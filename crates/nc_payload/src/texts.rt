//! Values and keys as the schema's types read them.
ghost use Rattle.std.specs.Prelude.{◌≡◌, IfOk};
ghost use Rattle.nc_schema.specs.Values as values;
ghost use Rattle.nc_protocol.specs.Payload as payload;

use nc_message::Bounds;
use nc_names::{Many, Memory, Text};
use nc_paths::{entry_keys, key_nodes};
use nc_schema::Schema;
use nc_types::TypeFault;
use std::alloc::Global;

/// The canonical text of a value of a node's type, or `None` where the text is none.
pub(crate) fn canonical(
    alloc: Global,
    schema: &Schema,
    number: u32,
    text: &str,
    bounds: &Bounds,
) -> Result<Option<Text>, Memory>
    ensures { IfOk result (λ it. it ≡ values.canonical schema.now number text.now bounds.now) }
{
    match nc_types::canonical(alloc, schema, number, text, bounds) {
        Ok(value) => Ok(Some(value)),
        Err(TypeFault::NotInType) => Ok(None),
        Err(TypeFault::Memory) => Err(Memory),
    }
}

// The canonical texts of keys, each as a value of its node's type.
fn canonical_keys(
    alloc: Global,
    schema: &Schema,
    nodes: &[u32],
    keys: &[Text],
    bounds: &Bounds,
) -> Result<Option<Many<Text>>, Memory>
    ensures { IfOk result (λ it. it ≡
        values.canonical_keys
        (λ key value. values.canonical schema.now key value bounds.now) nodes.now keys.now) }
{
    let mut out = Many::new(alloc);
    let mut rest = keys;
    for node in nodes {
        let Some((key, more)) = rest.split_first() else {
            return Ok(Some(out));
        };
        match canonical(alloc, schema, *node, key.as_str(), bounds)? {
            Some(value) => out.push(value)?,
            None => return Ok(None),
        }
        rest = more;
    }
    Ok(Some(out))
}

/// The canonical keys of the entry of a list that predicates name (RFC 7950 7.7.9).
pub(crate) fn canonical_entry(
    alloc: Global,
    schema: &Schema,
    number: u32,
    text: &str,
    bounds: &Bounds,
) -> Result<Option<Many<Text>>, Memory>
    ensures { IfOk result (λ it. it ≡ payload.canonical_entry schema.now number text.now bounds.now) }
{
    let Some(keys) = entry_keys(alloc, schema, number, text, bounds)? else {
        return Ok(None);
    };
    let nodes = key_nodes(alloc, schema, number)?;
    canonical_keys(alloc, schema, nodes.as_slice(), keys.as_slice(), bounds)
}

-------------------------

Exercise prompt
Go through the listing above and copy each line that contains "ghost".

The answer
ghost use Rattle.std.specs.Prelude.{◌≡◌, IfOk};
ghost use Rattle.nc_schema.specs.Values as values;
ghost use Rattle.nc_protocol.specs.Payload as payload;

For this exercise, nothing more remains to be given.